After the closing bell Tuesday, Vector Capital joined Insight Venture Partners and Quest’s management in announcing that they had increased their offer for Quest to $25.75 per share, for a total deal value of about $2.24bn by our calculations. The revised bid tops a competing offer from an unidentified suitor – widely believed to be Dell – that was announced last week.

While all eyes are on Quest at the moment, the continued bidding casts a shadow over who will ultimately own Smarsh. Right now, the company is seen as more of a Quest investment rather than an operating business unit.

If Insight and the rest ultimately win Quest, Smarsh could be considered just another portfolio company for the private equity firms. However, if that unidentified bidder is Dell, and Dell ultimately wins, Smarsh could soon be cast off, since Dell already offers archiving products competitive to Smarsh. In 2008, Dell acquired MessageOne – a direct rival to Smarsh – for a whopping $155m.
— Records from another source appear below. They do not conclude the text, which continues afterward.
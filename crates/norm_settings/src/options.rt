//! The table of the options of a run.
ghost use Rattle.std.specs.Prelude.{◌≡◌};
ghost use Rattle.norm_settings.specs.OptionTable.{name_of, kind_of, all_choices, standard_of as standard_of_kind, IsInRange, HasStandard};

use wire_base::MAX_PACKET;

/// Most cells of 256 octets for streams.
const MAX_CELLS: u64 = 262_144;

/// An option of `run`.
#[derive(Clone, Copy, Debug, PartialEq, Eq)]
pub enum Choice {
    Hops,
    Flows,
    Cells,
    Frags,
    FragCells,
    Idle,
    FragTime,
    Seed,
    Quota,
    Mtu,
    Inside,
    Offload,
    Both,
}

/// The kind of value that an option takes.
#[derive(Clone, Copy, Debug, PartialEq, Eq)]
pub enum Kind {
    /// A number from `least` to `greatest`; `standard` is the default.
    Number {
        least: u64,
        greatest: u64,
        standard: u64,
    },
    /// A limit from `least` to `greatest`; there is no limit if the option is not given.
    Limit {
        least: u64,
        greatest: u64,
    },
    /// A name of 1 to 64 octets that does not begin with `-`.
    Name,
    Alone,
}

/// An entry of the table of options.
#[derive(Clone, Copy)]
pub struct Row<'a> {
    /// The name of the option, without `--`.
    pub name: &'a str,
    pub kind: Kind,
}

impl<'a> Row<'a> {
    fn new(name: &'a str, kind: Kind) -> Row<'a>
        ensures name { result.name.now ≡ name.entry.now }
        ensures kind { result.kind ≡ kind }
    {
        Row { name, kind }
    }
}

fn number(least: u64, greatest: u64, standard: u64) -> Kind
    ensures { result ≡ Kind.Number least greatest standard }
{
    Kind::Number {
        least,
        greatest,
        standard,
    }
}

fn limit(least: u64, greatest: u64) -> Kind
    ensures { result ≡ Kind.Limit least greatest }
{
    Kind::Limit { least, greatest }
}

impl Choice {
    const ALL: [Choice; 13] = [
        Choice::Hops,
        Choice::Flows,
        Choice::Cells,
        Choice::Frags,
        Choice::FragCells,
        Choice::Idle,
        Choice::FragTime,
        Choice::Seed,
        Choice::Quota,
        Choice::Mtu,
        Choice::Inside,
        Choice::Offload,
        Choice::Both,
    ];

    /// Returns the option's entry of the table.
    pub fn row<'a>(self) -> Row<'a>
        ensures name { result.name.now ≡ name_of self }
        ensures kind { result.kind ≡ kind_of self }
    {
        match self {
            Choice::Hops => Row::new("hops", number(0, 254, 30)),
            Choice::Flows => Row::new("flows", number(1, 65_536, 4_096)),
            Choice::Cells => Row::new("cells", number(1, MAX_CELLS, 65_536)),
            Choice::Frags => Row::new("frags", number(1, 4_096, 256)),
            Choice::FragCells => Row::new("frag-cells", number(256, 65_536, 4_096)),
            Choice::Idle => Row::new("idle", number(1, 1_000_000, 3_600)),
            Choice::FragTime => Row::new("frag-time", number(1, 3_600, 30)),
            Choice::Seed => Row::new("seed", number(0, u64::MAX, 0)),
            Choice::Quota => Row::new("quota", limit(1, MAX_CELLS)),
            Choice::Mtu => Row::new("mtu", limit(576, MAX_PACKET as u64)),
            Choice::Inside => Row::new("inside", Kind::Name),
            Choice::Offload => Row::new("offload", Kind::Alone),
            Choice::Both => Row::new("both", Kind::Alone),
        }
    }

    /// Returns the default number of the option.
    pub fn standard(self) -> u64
        requires { HasStandard (kind_of self) }
        ensures exact { result ≡ standard_of_kind (kind_of self) }
        ensures in_range { IsInRange (kind_of self) result }
    {
        standard_of(self.row().kind)
    }

    /// Returns all options, in the order of the table.
    pub fn all() -> [Choice; 13]
        ensures { result ≡ all_choices }
    {
        Choice::ALL
    }
}

// Returns the default number of an option of this kind.
fn standard_of(kind: Kind) -> u64
    requires { HasStandard kind }
    ensures exact { result ≡ standard_of_kind kind }
    ensures in_range { IsInRange kind result }
{
    match kind {
        Kind::Number {
            least: _,
            greatest: _,
            standard,
        } => standard,
        _ => 0,
    }
}
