//! Settings from the values that clap found.
ghost use Rattle.std.specs.Prelude.{◌≡◌, ◌≤◌, All, List, ℕ, Option, IfSome, map, option_map, length};
ghost use Rattle.norm_settings.specs.OptionTable.{kind_of, number_by as number_of_kind, IsWithin, IsInRange, HasStandard};
ghost use Rattle.norm_settings.specs.SettingValues.{plain_settings, settings_of, number_told, limit_told, name_told, is_told, AreInRange};
ghost use Rattle.norm_settings.specs.FoundValues.{value_in};

use crate::line::is_value;
use crate::{Choice, Kind, Settings, number_within};
use arrayvec::ArrayVec;
use clap::ArgMatches;
use wire_base::Prefix;

/// Returns the settings of the values found, with these prefixes.
pub(crate) fn settings_found(matches: &ArgMatches<'_>, prefixes: ArrayVec<Prefix, 16>) -> Settings
    requires { All (λ prefix. prefix.len ≤ 32) prefixes.items }
    ensures exact { plain_settings result ≡ settings_of (value_in matches.now) prefixes.items }
    ensures in_range { AreInRange (plain_settings result) }
{
    let hops = number_found(matches, Choice::Hops);
    let flows = number_found(matches, Choice::Flows);
    let cells = number_found(matches, Choice::Cells);
    let frags = number_found(matches, Choice::Frags);
    let frag_cells = number_found(matches, Choice::FragCells);
    let idle = number_found(matches, Choice::Idle);
    let frag_time = number_found(matches, Choice::FragTime);
    let seed = number_found(matches, Choice::Seed);
    let offload = is_found(matches, Choice::Offload);
    let quota = quota_found(matches);
    let both = is_found(matches, Choice::Both);
    let inside = name_found(matches, Choice::Inside);
    let mtu = mtu_found(matches);
    Settings {
        prefixes,
        hops: hops as u8,
        flows: flows as u32,
        cells: cells as u32,
        frags: frags as u32,
        frag_cells: frag_cells as u32,
        idle: idle as u32,
        frag_time: frag_time as u32,
        seed,
        offload,
        quota,
        both,
        mirror: false,
        inside,
        mtu,
    }
}

// Returns the number given for the option, or its default.
fn number_found(matches: &ArgMatches<'_>, choice: Choice) -> u64
    requires { HasStandard (kind_of choice) }
    ensures exact { result ≡ number_told choice (value_in matches.now choice) }
    ensures in_range { IsInRange (kind_of choice) result }
{
    match limit_found(matches, choice) {
        Some(number) => number,
        None => choice.standard(),
    }
}

// Returns the number given for the option, if there is one in its range.
fn limit_found(matches: &ArgMatches<'_>, choice: Choice) -> Option<u64>
    ensures exact { result ≡ limit_told choice (value_in matches.now choice) }
    ensures in_range { IfSome result (IsInRange (kind_of choice)) }
{
    let row = choice.row();
    let value = matches.get_str(row.name)?;
    number_by(row.kind, value.as_bytes())
}

// Parses the number of an option of this kind; None if the octets do not fit it.
fn number_by(kind: Kind, value: &[u8]) -> Option<u64>
    ensures exact { result ≡ number_of_kind kind value.now }
    ensures in_range { IfSome result (IsInRange kind) }
{
    match kind {
        Kind::Number {
            least,
            greatest,
            standard: _,
        } => number_within(value, least, greatest),
        Kind::Limit { least, greatest } => number_within(value, least, greatest),
        _ => None,
    }
}

fn quota_found(matches: &ArgMatches<'_>) -> Option<u32>
    ensures exact { result ≡ limit_told Choice.Quota (value_in matches.now Choice.Quota) }
    ensures in_range { IfSome result (IsInRange (kind_of Choice.Quota)) }
{
    match limit_found(matches, Choice::Quota) {
        Some(number) => Some(number as u32),
        None => None,
    }
}

fn mtu_found(matches: &ArgMatches<'_>) -> Option<u16>
    ensures exact { result ≡ limit_told Choice.Mtu (value_in matches.now Choice.Mtu) }
    ensures in_range { IfSome result (IsInRange (kind_of Choice.Mtu)) }
{
    match limit_found(matches, Choice::Mtu) {
        Some(number) => Some(number as u16),
        None => None,
    }
}

// Returns the name given for the option, if it fits.
fn name_found(matches: &ArgMatches<'_>, choice: Choice) -> Option<ArrayVec<u8, 64>>
    ensures exact { option_map (λ name. name.items) result ≡ name_told (value_in matches.now choice) }
    ensures in_range { IfSome result (λ name. IsWithin 1 64 (length name.items)) }
{
    let value = matches.get_str(choice.row().name)?.as_bytes();
    if !is_value(Kind::Name, value) {
        return None;
    }
    let mut name = ArrayVec::new();
    name.try_extend_from_slice(value).unwrap();
    Some(name)
}

// Returns whether the option is given.
fn is_found(matches: &ArgMatches<'_>, choice: Choice) -> bool
    ensures { result ≡ is_told (value_in matches.now choice) }
{
    match matches.get_str(choice.row().name) {
        Some(value) => value == "true",
        None => false,
    }
}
Dell also has its own archive storage system, the DX platform, based on software OEMed from Caringo. (However, we’d note that neither of these initiatives seems to have gone too far yet.)
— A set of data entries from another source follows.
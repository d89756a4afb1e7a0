//! The side of a packet.
ghost use Rattle.std.specs.Prelude.{◌≡◌, ◌≤◌, All, None};
ghost use Rattle.norm_settings.specs.SettingValues.{plain_settings};
ghost use Rattle.norm_settings.specs.Side.{is_listed, side};

use crate::Settings;
use wire_base::{Addr, Prefix, Side};

/// Returns the side of a packet from `src` to `dst` whose record has no side: outward if only `src`
/// is trusted, inward if only `dst` is. None if both are trusted, or neither.
pub fn side_of(settings: &Settings, src: Addr, dst: Addr) -> Option<Side>
    requires { All (λ prefix. prefix.len ≤ 32) settings.now.prefixes.items }
    ensures { result ≡ side (plain_settings settings.now) None src.0 dst.0 }
{
    let (source, destination) = are_listed(&settings.prefixes, src, dst);
    if source == destination {
        None
    } else if source == settings.mirror {
        // With `mirror` the trusted addresses are those in no prefix.
        Some(Side::Inward)
    } else {
        Some(Side::Outward)
    }
}

// Returns for each of two addresses whether a prefix holds it, in one pass over the prefixes.
fn are_listed(prefixes: &[Prefix], src: Addr, dst: Addr) -> (bool, bool)
    requires { All (λ prefix. prefix.len ≤ 32) prefixes.now }
    ensures source { result.0 ≡ is_listed prefixes.now src.0 }
    ensures destination { result.1 ≡ is_listed prefixes.now dst.0 }
{
    let mut source = false;
    let mut destination = false;
    for prefix in prefixes {
        source |= prefix.holds(src);
        destination |= prefix.holds(dst);
        if source && destination {
            break;
        }
    }
    (source, destination)
}
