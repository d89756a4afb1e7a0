//! The settings of a run.
ghost use Rattle.std.specs.Prelude.{◌≡◌, option_map};
ghost use Rattle.norm_settings.specs.SettingValues.{plain_settings, standard};

use crate::Choice;
use arrayvec::ArrayVec;
use wire_base::Prefix;

/// The settings of a run.
#[derive(Debug, Drop)]
pub struct Settings {
    /// The prefixes of the trusted addresses; each has at most 32 bits.
    pub prefixes: ArrayVec<Prefix, 16>,
    /// Maximum number of routers between norm and a trusted host, from 0 to 254.
    pub hops: u8,
    /// Maximum number of live eras, from 1 to 65,536.
    pub flows: u32,
    /// Number of cells of 256 octets for streams, from 1 to 262,144.
    pub cells: u32,
    /// Maximum number of datagrams with held fragments, from 1 to 4,096.
    pub frags: u32,
    /// Number of cells of 256 octets for fragments, from 256 to 65,536.
    pub frag_cells: u32,
    /// Seconds until an idle era ends, from 1 to 1,000,000.
    pub idle: u32,
    /// Seconds until the held fragments of a datagram are discarded, from 1 to 3,600.
    pub frag_time: u32,
    /// The seed of the tables' hashes.
    pub seed: u64,
    /// Whether wrong checksums of outbound packets are rewritten.
    pub offload: bool,
    /// Maximum number of cells of 256 octets that one era may hold, from 1 to 262,144; None for no
    /// limit.
    pub quota: Option<u32>,
    /// Whether a second engine, with exchanged sides, reads the frames that the first writes.
    pub both: bool,
    /// Whether the addresses in no prefix are the trusted ones. No word of the command line sets
    /// it.
    pub mirror: bool,
    /// The name of the inside interface, of at most 64 octets.
    pub inside: Option<ArrayVec<u8, 64>>,
    /// Maximum length of a written packet in octets, from 576 to 65,535; None for no limit.
    pub mtu: Option<u16>,
}

impl Settings {
    /// Returns the settings of these prefixes, with the default values of the table of options.
    pub fn standard(prefixes: ArrayVec<Prefix, 16>) -> Settings
        ensures { plain_settings result ≡ standard prefixes.items }
    {
        Settings {
            prefixes,
            hops: Choice::Hops.standard() as u8,
            flows: Choice::Flows.standard() as u32,
            cells: Choice::Cells.standard() as u32,
            frags: Choice::Frags.standard() as u32,
            frag_cells: Choice::FragCells.standard() as u32,
            idle: Choice::Idle.standard() as u32,
            frag_time: Choice::FragTime.standard() as u32,
            seed: Choice::Seed.standard(),
            offload: false,
            quota: None,
            both: false,
            mirror: false,
            inside: None,
            mtu: None,
        }
    }

    /// Returns a copy of the settings; allocates no memory.
    pub fn copied(&self) -> Settings
        ensures { plain_settings result ≡ plain_settings self.now }
    {
        let mut prefixes = ArrayVec::new();
        prefixes.try_extend_from_slice(&self.prefixes).unwrap();
        let inside = copied_name(&self.inside);
        Settings {
            prefixes,
            hops: self.hops,
            flows: self.flows,
            cells: self.cells,
            frags: self.frags,
            frag_cells: self.frag_cells,
            idle: self.idle,
            frag_time: self.frag_time,
            seed: self.seed,
            offload: self.offload,
            quota: self.quota,
            both: self.both,
            mirror: self.mirror,
            inside,
            mtu: self.mtu,
        }
    }
}

// Returns a copy of the name.
fn copied_name(name: &Option<ArrayVec<u8, 64>>) -> Option<ArrayVec<u8, 64>>
    ensures { option_map (λ octets. octets.items) result ≡ option_map (λ octets. octets.items) name.now }
{
    let Some(name) = name else {
        return None;
    };
    let mut copy = ArrayVec::new();
    copy.try_extend_from_slice(name).unwrap();
    Some(copy)
}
Rather than worry about would could happen in the future, Smarsh is keeping itself busy in the present. The company has announced two acquisitions in the past month. In May, Smarsh bought Web content-archiving vendor Perpetually.com and on Tuesday it announced the purchase of compliance-focused website hoster AdvisorSquare, which targets the finance vertical. The deals should ramp up the company’s growth rate for 2012 and 2013. We estimate that Smarsh generated $20m in revenue last year, or about 30% year-over-year top-line growth.

Timeline

Date Event
February 14, 2012 Quest Software acquires 60% stake in Smarsh.
March 9 Insight Venture Partners and Quest management offer to buy Quest for $2bn.
May 16 Smarsh picks up Perpetually.com.
June 14 Unidentified bidder offers approximately $2.22bn for Quest.
June 18 Smarsh acquires AdvisorSquare from Symantec.
June 19 Vector Capital joins Insight and Quest management to buy Quest for approximately $2.24bn.